EXERCISE BRIEF: Below are entries; copy exactly the lines from the one with "use net_build::Net;" through the one with "Val) → n.answer", both included, and leave out the rest.

DATA EXTRACT:

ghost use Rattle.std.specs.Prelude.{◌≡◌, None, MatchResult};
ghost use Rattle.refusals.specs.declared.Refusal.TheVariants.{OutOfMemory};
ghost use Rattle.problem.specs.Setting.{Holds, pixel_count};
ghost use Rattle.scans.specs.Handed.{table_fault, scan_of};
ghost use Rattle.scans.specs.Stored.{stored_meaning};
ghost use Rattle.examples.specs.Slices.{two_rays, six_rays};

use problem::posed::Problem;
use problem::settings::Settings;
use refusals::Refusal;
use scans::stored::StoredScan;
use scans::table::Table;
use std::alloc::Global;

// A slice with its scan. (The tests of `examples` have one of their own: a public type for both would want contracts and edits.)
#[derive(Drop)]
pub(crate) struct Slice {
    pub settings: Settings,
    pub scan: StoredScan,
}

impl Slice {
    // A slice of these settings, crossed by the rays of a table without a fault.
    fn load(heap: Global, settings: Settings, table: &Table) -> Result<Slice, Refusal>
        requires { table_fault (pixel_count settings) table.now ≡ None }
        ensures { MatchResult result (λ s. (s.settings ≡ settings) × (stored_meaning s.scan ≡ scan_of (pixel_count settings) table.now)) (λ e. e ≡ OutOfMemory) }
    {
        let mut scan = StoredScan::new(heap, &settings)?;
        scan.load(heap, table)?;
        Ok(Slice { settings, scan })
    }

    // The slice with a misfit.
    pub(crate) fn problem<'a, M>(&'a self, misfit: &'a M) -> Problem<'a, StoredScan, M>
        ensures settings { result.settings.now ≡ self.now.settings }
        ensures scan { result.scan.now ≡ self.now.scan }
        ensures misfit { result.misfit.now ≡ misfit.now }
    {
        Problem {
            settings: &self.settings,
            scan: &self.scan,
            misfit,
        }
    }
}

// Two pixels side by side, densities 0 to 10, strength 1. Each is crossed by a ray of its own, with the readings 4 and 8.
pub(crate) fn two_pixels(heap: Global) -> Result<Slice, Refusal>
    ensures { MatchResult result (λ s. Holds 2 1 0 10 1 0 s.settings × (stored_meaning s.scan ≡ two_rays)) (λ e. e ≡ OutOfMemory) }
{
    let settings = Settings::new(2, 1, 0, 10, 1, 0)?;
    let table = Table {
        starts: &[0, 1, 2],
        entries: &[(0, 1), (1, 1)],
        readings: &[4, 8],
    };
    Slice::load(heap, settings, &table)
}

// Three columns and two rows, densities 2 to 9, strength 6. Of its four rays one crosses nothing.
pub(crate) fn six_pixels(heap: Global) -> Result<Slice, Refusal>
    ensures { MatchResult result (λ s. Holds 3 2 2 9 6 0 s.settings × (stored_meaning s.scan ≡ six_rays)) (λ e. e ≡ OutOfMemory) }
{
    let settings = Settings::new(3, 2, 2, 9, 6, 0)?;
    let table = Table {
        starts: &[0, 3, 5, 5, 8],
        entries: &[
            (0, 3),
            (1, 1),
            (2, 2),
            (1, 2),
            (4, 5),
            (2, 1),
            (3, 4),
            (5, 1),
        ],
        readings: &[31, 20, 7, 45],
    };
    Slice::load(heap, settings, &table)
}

---

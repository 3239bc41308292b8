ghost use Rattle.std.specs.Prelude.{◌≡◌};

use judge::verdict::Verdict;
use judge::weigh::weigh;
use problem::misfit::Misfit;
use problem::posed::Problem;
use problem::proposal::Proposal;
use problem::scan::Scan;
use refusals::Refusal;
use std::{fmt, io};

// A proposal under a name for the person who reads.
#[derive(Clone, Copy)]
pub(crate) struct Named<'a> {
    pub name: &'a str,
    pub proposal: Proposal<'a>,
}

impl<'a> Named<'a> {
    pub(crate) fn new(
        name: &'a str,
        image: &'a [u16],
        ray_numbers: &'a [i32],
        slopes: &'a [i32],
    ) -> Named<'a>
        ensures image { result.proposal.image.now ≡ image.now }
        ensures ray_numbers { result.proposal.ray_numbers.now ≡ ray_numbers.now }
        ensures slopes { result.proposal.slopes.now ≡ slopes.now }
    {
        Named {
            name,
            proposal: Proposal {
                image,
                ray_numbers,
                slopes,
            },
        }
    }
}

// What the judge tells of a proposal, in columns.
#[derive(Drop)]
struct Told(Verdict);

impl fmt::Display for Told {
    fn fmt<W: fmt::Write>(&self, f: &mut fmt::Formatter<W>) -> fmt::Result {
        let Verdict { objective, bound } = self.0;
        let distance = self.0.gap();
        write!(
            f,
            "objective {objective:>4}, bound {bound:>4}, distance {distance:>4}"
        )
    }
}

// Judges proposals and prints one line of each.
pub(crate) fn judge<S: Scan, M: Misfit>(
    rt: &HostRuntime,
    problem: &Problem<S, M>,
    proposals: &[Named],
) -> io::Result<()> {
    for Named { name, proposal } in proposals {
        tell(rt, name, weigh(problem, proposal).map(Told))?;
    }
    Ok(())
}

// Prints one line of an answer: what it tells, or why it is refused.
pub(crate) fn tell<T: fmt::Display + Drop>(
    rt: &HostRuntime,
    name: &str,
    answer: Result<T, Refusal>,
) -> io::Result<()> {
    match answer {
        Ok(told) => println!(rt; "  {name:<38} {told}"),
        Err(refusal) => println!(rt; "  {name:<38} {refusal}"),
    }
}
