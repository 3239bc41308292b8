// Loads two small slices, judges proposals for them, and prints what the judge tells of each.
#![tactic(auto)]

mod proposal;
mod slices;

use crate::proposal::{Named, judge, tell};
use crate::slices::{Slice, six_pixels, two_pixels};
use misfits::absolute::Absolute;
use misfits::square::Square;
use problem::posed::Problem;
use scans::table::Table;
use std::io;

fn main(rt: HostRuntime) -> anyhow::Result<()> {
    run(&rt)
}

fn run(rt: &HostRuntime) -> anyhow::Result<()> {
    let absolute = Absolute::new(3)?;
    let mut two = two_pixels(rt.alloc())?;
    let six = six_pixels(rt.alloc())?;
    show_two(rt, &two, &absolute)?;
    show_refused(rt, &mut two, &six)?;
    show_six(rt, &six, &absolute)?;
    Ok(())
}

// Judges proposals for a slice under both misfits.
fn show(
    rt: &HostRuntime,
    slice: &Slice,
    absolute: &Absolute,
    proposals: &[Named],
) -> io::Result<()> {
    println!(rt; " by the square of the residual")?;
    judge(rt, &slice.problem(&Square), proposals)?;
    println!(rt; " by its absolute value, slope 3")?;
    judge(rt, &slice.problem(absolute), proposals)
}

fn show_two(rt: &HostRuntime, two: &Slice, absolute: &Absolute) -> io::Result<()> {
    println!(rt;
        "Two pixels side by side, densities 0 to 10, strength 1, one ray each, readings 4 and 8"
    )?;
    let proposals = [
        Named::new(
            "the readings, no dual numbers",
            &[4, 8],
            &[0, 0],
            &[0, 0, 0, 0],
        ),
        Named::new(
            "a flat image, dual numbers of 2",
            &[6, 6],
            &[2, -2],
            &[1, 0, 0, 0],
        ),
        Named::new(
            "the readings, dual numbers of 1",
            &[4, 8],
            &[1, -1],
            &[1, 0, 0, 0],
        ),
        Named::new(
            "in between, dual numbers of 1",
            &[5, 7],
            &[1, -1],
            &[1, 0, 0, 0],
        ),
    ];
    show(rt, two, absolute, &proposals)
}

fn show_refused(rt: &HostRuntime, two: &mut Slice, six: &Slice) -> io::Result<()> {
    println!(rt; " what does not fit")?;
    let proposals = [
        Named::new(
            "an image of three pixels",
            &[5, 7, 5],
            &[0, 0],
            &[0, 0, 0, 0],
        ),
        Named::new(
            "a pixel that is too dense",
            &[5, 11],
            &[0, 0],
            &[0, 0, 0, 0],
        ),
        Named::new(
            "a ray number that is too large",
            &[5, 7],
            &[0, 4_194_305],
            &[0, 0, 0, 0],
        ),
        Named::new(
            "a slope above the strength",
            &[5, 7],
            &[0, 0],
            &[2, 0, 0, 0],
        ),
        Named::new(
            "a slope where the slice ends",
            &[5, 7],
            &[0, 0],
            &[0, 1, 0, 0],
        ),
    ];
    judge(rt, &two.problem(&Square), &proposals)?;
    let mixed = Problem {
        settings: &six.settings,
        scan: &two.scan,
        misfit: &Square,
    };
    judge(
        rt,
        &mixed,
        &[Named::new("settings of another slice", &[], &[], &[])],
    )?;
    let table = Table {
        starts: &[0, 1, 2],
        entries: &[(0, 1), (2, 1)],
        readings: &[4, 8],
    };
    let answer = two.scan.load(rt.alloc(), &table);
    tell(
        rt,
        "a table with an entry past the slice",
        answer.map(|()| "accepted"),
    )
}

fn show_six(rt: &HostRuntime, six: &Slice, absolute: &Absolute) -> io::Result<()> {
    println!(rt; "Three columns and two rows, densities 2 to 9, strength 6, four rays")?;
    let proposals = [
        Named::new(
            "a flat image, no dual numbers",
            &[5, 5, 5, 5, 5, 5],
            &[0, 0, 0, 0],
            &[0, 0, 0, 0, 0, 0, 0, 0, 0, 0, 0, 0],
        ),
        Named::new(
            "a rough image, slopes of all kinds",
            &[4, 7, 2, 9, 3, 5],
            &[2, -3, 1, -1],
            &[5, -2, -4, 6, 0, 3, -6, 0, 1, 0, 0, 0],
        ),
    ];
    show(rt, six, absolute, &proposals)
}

...

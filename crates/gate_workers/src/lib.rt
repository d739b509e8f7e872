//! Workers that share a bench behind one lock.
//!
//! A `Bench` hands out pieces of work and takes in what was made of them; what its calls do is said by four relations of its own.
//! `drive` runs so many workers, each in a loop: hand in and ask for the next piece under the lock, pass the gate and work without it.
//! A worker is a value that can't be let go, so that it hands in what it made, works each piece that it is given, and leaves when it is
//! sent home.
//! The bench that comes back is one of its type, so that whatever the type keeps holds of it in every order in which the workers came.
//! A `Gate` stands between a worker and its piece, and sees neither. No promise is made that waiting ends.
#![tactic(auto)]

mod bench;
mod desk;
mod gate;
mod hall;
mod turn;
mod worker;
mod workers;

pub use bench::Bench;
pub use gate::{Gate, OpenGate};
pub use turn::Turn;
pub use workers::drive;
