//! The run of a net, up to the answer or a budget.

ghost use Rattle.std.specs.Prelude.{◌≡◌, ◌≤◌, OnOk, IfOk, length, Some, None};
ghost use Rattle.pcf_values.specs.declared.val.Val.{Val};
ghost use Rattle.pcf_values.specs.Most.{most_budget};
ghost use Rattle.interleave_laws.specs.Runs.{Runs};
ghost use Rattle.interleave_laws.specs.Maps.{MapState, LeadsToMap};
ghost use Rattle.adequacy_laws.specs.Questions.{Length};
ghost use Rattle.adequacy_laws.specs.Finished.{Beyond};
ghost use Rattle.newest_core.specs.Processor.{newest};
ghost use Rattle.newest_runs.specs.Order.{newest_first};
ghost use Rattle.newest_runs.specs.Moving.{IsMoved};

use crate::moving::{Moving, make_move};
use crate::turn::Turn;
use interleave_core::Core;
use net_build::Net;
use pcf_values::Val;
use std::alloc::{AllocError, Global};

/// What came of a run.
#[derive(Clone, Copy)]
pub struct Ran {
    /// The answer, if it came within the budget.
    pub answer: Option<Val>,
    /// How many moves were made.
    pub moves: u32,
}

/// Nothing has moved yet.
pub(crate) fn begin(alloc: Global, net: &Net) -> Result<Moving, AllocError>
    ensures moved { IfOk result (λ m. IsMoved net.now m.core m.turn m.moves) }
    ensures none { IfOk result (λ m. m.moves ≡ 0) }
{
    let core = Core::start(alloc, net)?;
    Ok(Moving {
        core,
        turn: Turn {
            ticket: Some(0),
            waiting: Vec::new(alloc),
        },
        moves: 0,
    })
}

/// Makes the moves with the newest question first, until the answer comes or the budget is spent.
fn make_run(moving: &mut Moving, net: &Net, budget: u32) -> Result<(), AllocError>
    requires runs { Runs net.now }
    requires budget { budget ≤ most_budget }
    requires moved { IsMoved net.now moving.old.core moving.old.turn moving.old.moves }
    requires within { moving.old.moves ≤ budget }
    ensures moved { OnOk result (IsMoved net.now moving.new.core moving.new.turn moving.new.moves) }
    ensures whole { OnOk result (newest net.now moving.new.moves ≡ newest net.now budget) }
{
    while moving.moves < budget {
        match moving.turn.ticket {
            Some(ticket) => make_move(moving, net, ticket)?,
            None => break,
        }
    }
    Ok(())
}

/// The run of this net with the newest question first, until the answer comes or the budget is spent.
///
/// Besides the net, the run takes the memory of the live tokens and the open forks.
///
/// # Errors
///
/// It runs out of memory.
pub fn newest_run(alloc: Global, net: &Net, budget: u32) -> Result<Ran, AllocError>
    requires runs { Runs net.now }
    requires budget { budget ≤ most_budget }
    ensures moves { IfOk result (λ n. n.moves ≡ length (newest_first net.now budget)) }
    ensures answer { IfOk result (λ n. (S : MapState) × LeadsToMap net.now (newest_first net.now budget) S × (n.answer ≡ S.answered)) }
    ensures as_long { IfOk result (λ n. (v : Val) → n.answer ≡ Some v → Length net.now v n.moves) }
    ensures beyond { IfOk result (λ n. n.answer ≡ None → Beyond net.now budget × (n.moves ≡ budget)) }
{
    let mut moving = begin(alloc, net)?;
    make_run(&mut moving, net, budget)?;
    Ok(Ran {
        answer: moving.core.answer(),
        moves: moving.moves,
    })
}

OUTPUT OF THE TASK:
use net_build::Net;
use pcf_values::Val;
use std::alloc::{AllocError, Global};

/// What came of a run.
#[derive(Clone, Copy)]
pub struct Ran {
    /// The answer, if it came within the budget.
    pub answer: Option<Val>,
    /// How many moves were made.
    pub moves: u32,
}

/// Nothing has moved yet.
pub(crate) fn begin(alloc: Global, net: &Net) -> Result<Moving, AllocError>
    ensures moved { IfOk result (λ m. IsMoved net.now m.core m.turn m.moves) }
    ensures none { IfOk result (λ m. m.moves ≡ 0) }
{
    let core = Core::start(alloc, net)?;
    Ok(Moving {
        core,
        turn: Turn {
            ticket: Some(0),
            waiting: Vec::new(alloc),
        },
        moves: 0,
    })
}

/// Makes the moves with the newest question first, until the answer comes or the budget is spent.
fn make_run(moving: &mut Moving, net: &Net, budget: u32) -> Result<(), AllocError>
    requires runs { Runs net.now }
    requires budget { budget ≤ most_budget }
    requires moved { IsMoved net.now moving.old.core moving.old.turn moving.old.moves }
    requires within { moving.old.moves ≤ budget }
    ensures moved { OnOk result (IsMoved net.now moving.new.core moving.new.turn moving.new.moves) }
    ensures whole { OnOk result (newest net.now moving.new.moves ≡ newest net.now budget) }
{
    while moving.moves < budget {
        match moving.turn.ticket {
            Some(ticket) => make_move(moving, net, ticket)?,
            None => break,
        }
    }
    Ok(())
}

/// The run of this net with the newest question first, until the answer comes or the budget is spent.
///
/// Besides the net, the run takes the memory of the live tokens and the open forks.
///
/// # Errors
///
/// It runs out of memory.
pub fn newest_run(alloc: Global, net: &Net, budget: u32) -> Result<Ran, AllocError>
    requires runs { Runs net.now }
    requires budget { budget ≤ most_budget }
    ensures moves { IfOk result (λ n. n.moves ≡ length (newest_first net.now budget)) }
    ensures answer { IfOk result (λ n. (S : MapState) × LeadsToMap net.now (newest_first net.now budget) S × (n.answer ≡ S.answered)) }
    ensures as_long { IfOk result (λ n. (v : Val) → n.answer ≡ Some v → Length net.now v n.moves) }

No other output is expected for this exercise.